I've written a program which is supposed to save and restore a users certificates using the windows Crypto API. I was under the impression that it was working fine but now a user has complained that the private key that was attached to the certificate is invalid after the cert has been restored.

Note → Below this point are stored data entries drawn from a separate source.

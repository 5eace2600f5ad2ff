//! Types without a name, each of which is there once.

use crate::draft::Draft;
use crate::tables::add_new;
use std::alloc::{AllocError, Global};
use std::fmt::Write;
use wit_data::{
    Handle, Span, Stability, TryClone, Type_, TypeDef, TypeDefKind, TypeId, TypeOwner, referred,
};

impl Draft {
    /// The type without a name that is of this kind. Where it is new, it stands here, and has the gate of the first type in
    /// it that has one, else this one. The only error is want of memory.
    pub fn add_unnamed(
        &mut self,
        kind: TypeDefKind,
        span: Span,
        gate: &Stability,
    ) -> Result<TypeId, AllocError> {
        let key = unnamed_key(self.allocator(), &kind)?;
        if let Some(id) = self.unnamed.get(key.as_str()) {
            return Ok(*id);
        }
        let stability = self.unnamed_gate(&kind, gate)?;
        let mut def = TypeDef::new(None, kind, TypeOwner::None);
        def.stability = stability;
        def.span = span;
        let id = self.add_type(def)?;
        add_new(&mut self.unnamed, key, id)?;
        Ok(id)
    }

    /// The gate of the first type in a kind that has one, else this one.
    fn unnamed_gate(&self, kind: &TypeDefKind, gate: &Stability) -> Result<Stability, AllocError> {
        for id in referred(self.allocator(), kind)?.iter() {
            if let Some(def) = self.types.get(id.index()) {
                if !def.stability.is_unknown() {
                    return def.stability.try_clone();
                }
            }
        }
        gate.try_clone()
    }
}

/// A text that two types without a name have alike exactly if they are of one kind.
fn unnamed_key(alloc: Global, kind: &TypeDefKind) -> Result<String, AllocError> {
    let mut key = String::from_str(alloc, word_of(kind))?;
    match kind {
        TypeDefKind::Handle(Handle::Own(id) | Handle::Borrow(id)) => {
            add_type(&mut key, Type_::Id(*id))?;
        }
        TypeDefKind::Tuple { types } => {
            for ty in types.iter() {
                add_type(&mut key, *ty)?;
            }
        }
        TypeDefKind::Result_ { ok, err } => {
            add_option(&mut key, *ok)?;
            add_option(&mut key, *err)?;
        }
        TypeDefKind::Map(first, second) => {
            add_type(&mut key, *first)?;
            add_type(&mut key, *second)?;
        }
        TypeDefKind::FixedLengthList(ty, len) => {
            add_type(&mut key, *ty)?;
            write!(key, " {len}")?;
        }
        TypeDefKind::List(ty) | TypeDefKind::Option(ty) => add_type(&mut key, *ty)?,
        TypeDefKind::Future(ty) | TypeDefKind::Stream(ty) => add_option(&mut key, *ty)?,
        _ => {}
    }
    Ok(key)
}

/// The word of a kind of types without a name.
fn word_of(kind: &TypeDefKind) -> &'static str {
    match kind {
        TypeDefKind::Handle(Handle::Own(_)) => "own",
        TypeDefKind::Handle(Handle::Borrow(_)) => "borrow",
        TypeDefKind::Tuple { .. } => "tuple",
        TypeDefKind::Result_ { .. } => "result",
        TypeDefKind::Map(_, _) => "map",
        TypeDefKind::FixedLengthList(_, _) => "array",
        TypeDefKind::List(_) => "list",
        TypeDefKind::Option(_) => "option",
        TypeDefKind::Future(_) => "future",
        TypeDefKind::Stream(_) => "stream",
        _ => "",
    }
}

/// Adds a type that may be missing to a key.
fn add_option(key: &mut String, ty: Option<Type_>) -> Result<(), AllocError> {
    match ty {
        Some(ty) => add_type(key, ty),
        None => key.push_str(" _"),
    }
}

/// Adds a type to a key.
fn add_type(key: &mut String, ty: Type_) -> Result<(), AllocError> {
    if let Type_::Id(id) = ty {
        let index = id.index();
        return write!(key, " {index}");
    }
    key.push_str(primitive_word(ty))
}

/// The word of a primitive in a key.
fn primitive_word(ty: Type_) -> &'static str {
    match ty {
        Type_::Bool => " bool",
        Type_::U8 => " u8",
        Type_::U16 => " u16",
        Type_::U32 => " u32",
        Type_::U64 => " u64",
        Type_::S8 => " s8",
        Type_::S16 => " s16",
        Type_::S32 => " s32",
        Type_::S64 => " s64",
        Type_::F32 => " f32",
        Type_::F64 => " f64",
        Type_::Char => " char",
        Type_::String => " string",
        Type_::ErrorContext | Type_::Id(_) => " error-context",
    }
}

I was saving the certificates using:
HCERTSTORE hCertStore =
CertOpenStore(CERT_STORE_PROV_PHYSICAL_W,
0,
NULL,
CERT_SYSTEM_STORE_CURRENT_USER |
CERT_STORE_OPEN_EXISTING_FLAG |
CERT_STORE_READONLY_FLAG |
CERT_STORE_UPDATE_KEYID_FLAG,
(PVOID) storeName.c_str());
And then later:
if (!CertSaveStore(hCertStore,
0,
CERT_STORE_SAVE_AS_STORE,
CERT_STORE_SAVE_TO_FILENAME,
(PVOID) saveFile.c_str(),
0))
I understand that the CERT_STORE_SAVE_AS_STORE flag should mean that the entire cert should get serialized including the private key. Although I note that MSDN says:
"The CERT_KEY_CONTEXT_PROP_ID property and the related CERT_KEY_PROV_HANDLE_PROP_ID and CERT_KEY_SPEC_PROP_ID values are not saved to a serialized store."
..which I confess, I don't really understand.
When I restore the cert I use CertFindCertificateInStore() to see if the cert is already present and only if it isn't I do:
bOK = CertAddCertificateContextToStore(
hDestinationStore,
pCertContext,
CERT_STORE_ADD_USE_EXISTING,
NULL);
To add the certificate back... So my question is, why might the private key not be preserved? Am I missing something?